Solution: We note that this is addition modulo 3, so that any time we hit the number 3 we cycle back through to zero. Thus, we can calculate 2 plus 2 by first adding 1 to 2, and then adding 1 again to 2. But, when we add 1 to 2, we get to 3, which means we’re actually at 0, so that when we add 1 again we land at 1. Thus, we get the strange (but awesome) result that

$2+2=1 \ \ \ \ \ mod \ 3$

where the “mod 3” is there to remind us that this result holds in addition modulo 3. Similarly, 2+2+2 can be computed by seeing that 2+2 is 1, as we found above, and then noting that 1 plus 2 is 3, which is actually 0. Thus, we get the strange (but awesome) result that

$2+2+2=0 \ \ \ \ \ mod \ 3$

Finally, let us find the inverse of each element of the group. We know that the inverse of 0 is 0, since 0 plus 0 is 0. Similarly, since 1 plus 2 is 0, we see that the inverse of 1 is 2, and the inverse of 2 is 1. Thus, in some sense, when we’re working with addition modulo 3, we have that “1 is equal to negative 2” and that “2 is equal to negative 1.” All of which are pretty cool results.

2. Consider the set $\{0, 1, 2, 3, 4, 5, 6, 7\}.$ Using addition modulo 8 on this set (meaning we simply cycle back through the end of the set, as usual), determine what 5 plus 6 is. Also determine 7 plus 7. Finally, determine the inverse of 3.

Solution: We attack this problem the same way we did in the first exercise. Namely, 5 plus 6 can be computed by adding 1 to 5 six times. Let’s stay calm and do this one at a time. 5 plus 1 is 6, plus 1 is 7, plus 1 is 8 which is actually 0 (!!!) so that we have found 5 plus 3 equals 0. We now need to still add three more to this, but 0 plus 3 is just 3. Thus, we have that

$5+6=3 \ \ \ \ \ mod \ 8$

Similarly, one finds that 7 plus 1 is 8 and is therefore actually 0, so that 7 plus 7 is equal to 6 plus 0 which is just 6. Thus we have

$7+7=6 \ \ \ \ \ mod \ 8$

Finally, let us compute the inverse of 3. All we need to do is notice that 3 plus 5 equals 8 and therefore actually equals 0. Thus, the inverse of 3 is 5, so that “5 equals negative 3” when we work modulo 8.

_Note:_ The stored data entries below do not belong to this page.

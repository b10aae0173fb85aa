// Where things stand in the store's row. Widths come from the rows, so a change of one is made there.
use changes::out::{LIVE_MOST, OUT_WIDTH};
use rows::lines::LINE_WIDTH;
use rows::readings::READING_WIDTH;
use rows::visits::VISIT_WIDTH;

pub const HEADER_WIDTH: usize = 7;

pub const VISITS_ROOM: usize = LIVE_MOST;

pub const READINGS_ROOM: usize = 4096;

pub const LINES_ROOM: usize = 4096;

pub const VISITS_AT: usize = HEADER_WIDTH;

pub const READINGS_AT: usize = VISITS_AT + VISITS_ROOM * VISIT_WIDTH;

pub const LINES_AT: usize = READINGS_AT + READINGS_ROOM * READING_WIDTH;

pub const STORE_SIZE: usize = LINES_AT + LINES_ROOM * LINE_WIDTH;

// Two counts, and room for what any command can change.
pub const OUT_SIZE: usize = OUT_WIDTH;
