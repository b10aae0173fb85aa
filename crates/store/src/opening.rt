// A row made an empty store.
ghost use Rattle.std.specs.Prelude.{◌≡◌, ◌≤◌, length};
ghost use Rattle.store.specs.Applied.{open_reply, open_row, opening};
ghost use Rattle.store.specs.Contents.{empty_row};
ghost use Rattle.store.specs.Layout.{store_size};

use crate::header::Header;
use crate::layout::{STORE_SIZE, VISITS_AT};
use command::{Refusal, Reply, check_terms};
use rows::row::Row;
use visit::{Clock, Terms};

// The terms as they are given, and 0 at every other place of the layout. The length is asked for, since the row is not yet a store.
pub fn clear(store: &mut [u64], terms: Terms)
    requires { store_size ≤ length store.old }
    ensures { store.new ≡ empty_row terms store.old }
{
    store[VISITS_AT..STORE_SIZE].fill(0);
    let header = Header {
        clock: Clock {
            terms,
            watermark: 0,
        },
        visits: 0,
        readings: 0,
        lines: 0,
    };
    header.write(&mut store[0..VISITS_AT]);
}

// A refusal leaves the row as it was.
pub fn open(store: &mut [u64], terms: Terms) -> Reply
    ensures reply { result ≡ open_reply (opening store.old terms) }
    ensures store { store.new ≡ open_row store.old (opening store.old terms) }
{
    if store.len() < STORE_SIZE {
        return Err(Refusal::BadStore(store.len() as u64));
    }
    check_terms(terms)?;
    clear(store, terms);
    Ok(0)
}
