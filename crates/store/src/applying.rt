// A command done to a store in a borrowed row of numbers, which is what callers have.
ghost use Rattle.std.specs.Prelude.{◌≡◌, ◌≤◌, true, length};
ghost use Rattle.changes.specs.Room.{out_width};
ghost use Rattle.rows.specs.Search.{Allows};
ghost use Rattle.store.specs.Applied.{applied, full};
ghost use Rattle.store.specs.Checks.{sound_row};
ghost use Rattle.store.specs.Contents.{store_in, store_of, terms_in};
ghost use Rattle.store.specs.Order.{Orderly};
ghost use Rattle.store.specs.Parts.{Long, parts_from};
ghost use Rattle.store.specs.Steps.{Performable, Performed};

use crate::capacity::{Capacity, FULL};
use crate::checks::{Ready, check, check_sound};
use crate::layout::{LINES_AT, READINGS_AT, STORE_SIZE, VISITS_AT};
use crate::steps::{draft, finish};
use command::Reply;
use rows::out::ChangedRows;
use rows::search::Search;
use rows::table::Table;

// How many visits changed. Cells and tables are parameters of their own, since the end of a loan is not followed through a struct of
// several tables, nor to a table of cells that are cut in the same function.
fn perform(
    head: &mut [u64],
    visits: &mut [u64],
    readings: &mut [u64],
    lines: &mut [u64],
    ready: Ready,
    search: Search,
    out: &mut [u64],
) -> usize
    requires long { Long (parts_from head.old visits.old readings.old lines.old) }
    requires performable { Performable ready.header (store_of ready.header (parts_from head.old visits.old readings.old lines.old)) ready.command }
    requires order { Allows search (Orderly ready.header.clock.terms (store_of ready.header (parts_from head.old visits.old readings.old lines.old))) }
    requires out { out_width ≤ length out.old }
    ensures { Performed ready (parts_from head.old visits.old readings.old lines.old) (parts_from head.new visits.new readings.new lines.new) result out.old out.new }
{
    let Ready { header, command } = ready;
    let mut visits = Table::new(visits, header.visits);
    let mut readings = Table::new(readings, header.readings);
    let mut lines = Table::new(lines, header.lines);
    let drafted = draft(
        &mut visits,
        &mut readings,
        header.clock,
        command,
        search,
        out,
    );
    let changed = ChangedRows::read(out);
    finish(
        head,
        &mut visits,
        &mut readings,
        &mut lines,
        drafted,
        search,
        changed,
    );
    drafted.changed
}

// Does a command to a row that is known to be a store, or leaves both rows as they were and says why. By halves it searches where
// the store is known to be in order.
pub fn apply_sound(
    capacity: Capacity,
    search: Search,
    store: &mut [u64],
    row: &[u64],
    out: &mut [u64],
) -> Reply
    requires sound { sound_row store.old ≡ true }
    requires order { Allows search (Orderly (terms_in store.old) (store_in store.old)) }
    ensures reply { result ≡ (applied capacity store.old row.now out.old).reply }
    ensures store { store.new ≡ (applied capacity store.old row.now out.old).store }
    ensures out { out.new ≡ (applied capacity store.old row.now out.old).out }
{
    let ready = check(capacity, search, store, row, out.len())?;
    let (head, rest) = store.split_at_mut(VISITS_AT);
    let (visits, rest) = rest.split_at_mut(READINGS_AT - VISITS_AT);
    let (readings, rest) = rest.split_at_mut(LINES_AT - READINGS_AT);
    let (lines, _) = rest.split_at_mut(STORE_SIZE - LINES_AT);
    Ok(perform(head, visits, readings, lines, ready, search, out) as u64)
}

// The same on any row, of which nothing is known, so it is searched from the front.
pub fn apply_within(capacity: Capacity, store: &mut [u64], row: &[u64], out: &mut [u64]) -> Reply
    ensures reply { result ≡ (applied capacity store.old row.now out.old).reply }
    ensures store { store.new ≡ (applied capacity store.old row.now out.old).store }
    ensures out { out.new ≡ (applied capacity store.old row.now out.old).out }
{
    check_sound(store)?;
    apply_sound(capacity, Search::FromFront, store, row, out)
}

// With all the room that the layout has.
pub fn apply(store: &mut [u64], row: &[u64], out: &mut [u64]) -> Reply
    ensures reply { result ≡ (applied full store.old row.now out.old).reply }
    ensures store { store.new ≡ (applied full store.old row.now out.old).store }
    ensures out { out.new ≡ (applied full store.old row.now out.old).out }
{
    apply_within(FULL, store, row, out)
}
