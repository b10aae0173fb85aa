// The store in a borrowed row of numbers: opened, and changed by commands.
#![tactic(auto)]

pub mod applying;
pub mod capacity;
mod checks;
pub mod header;
pub mod layout;
pub mod opening;
mod steps;
mod view;
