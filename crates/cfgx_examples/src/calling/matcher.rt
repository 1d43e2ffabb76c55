//! A target of one's own.
use cfg_expr::TargetPredicate;
use cfg_expr::expr::TargetMatcher;

/// A target of which two things are known.
#[derive(Drop)]
pub struct Board<'a> {
    /// The operating system
    pub os: &'a str,
    /// The number of bits of a pointer
    pub pointer_width: u8,
}

impl TargetMatcher for Board<'_> {
    ghost use Rattle.cfgx_examples.specs.Board.{board_meets};

    ghost answer = { λ board. board_meets board.os.now board.pointer_width };

    fn matches(&self, tp: &TargetPredicate<'_>) -> bool {
        match tp {
            TargetPredicate::Os(os) => self.os == os.as_str(),
            TargetPredicate::PointerWidth(bits) => self.pointer_width == *bits,
            _ => false,
        }
    }
}
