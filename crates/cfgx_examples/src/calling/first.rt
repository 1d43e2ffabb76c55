//! The program of `docs/README.md`.
use cfg_expr::{Expression, Predicate};
use std::io;

/// Prints the value of a condition if the feature `x` is on and nothing else is known.
fn print_value(rt: &(impl Print + AllocGlobal)) -> io::Result<()> {
    let Ok(condition) = Expression::parse(rt.alloc(), "any(unix, feature = \"x\")") else {
        return println!(rt; "a faulty text, or out of memory");
    };
    let mut answer = |asked: &Predicate<'_>| match asked {
        Predicate::Feature(name) => Some(*name == "x"),
        _ => None,
    };
    let value: Option<bool> = condition.eval(rt.alloc(), &mut answer)?;
    println!(rt; "{value:?}")
}

pub fn main(rt: HostRuntime) -> io::Result<()> {
    print_value(&rt)
}

#[test]
fn the_program_prints_the_value(rt: HostRuntime) {
    let printer = cfgx_testing::printing::Printer::new(rt.alloc());
    assert!(rt; print_value(&printer).is_ok());
    assert!(rt; printer.into_text().as_str() == "Some(true)\n");
}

3. Consider the set $\{0, 1, 2, 3, ..., N\}$ for some positive number $N.$ What is the inverse of the element $N-2$

Solution: We note that with the set given in this problem, we are working with addition modulo $N+1.$ (For example, in the main text of this lesson we had $N=4$ and that was addition modulo 5, in the first exercise above we had $N=2$ and that was addition modulo 3, and in the previous exercise we had $N=7$ which was addition modulo 8.) Thus, once we get to the number $N+1$ we know we’re actually at 0. Now, when we add 2 to the number $N-2$ we end up back at the number $N,$ so that if we add one more we end up at $N+1,$ which is actually 0. Thus, the inverse of $N-2$ is 3, since $N-2$ plus $3$ is zero! One is encouraged to check that this is all in line with the examples that we have discussed for particular values of $N$ in these exercises and in the main text of the lesson.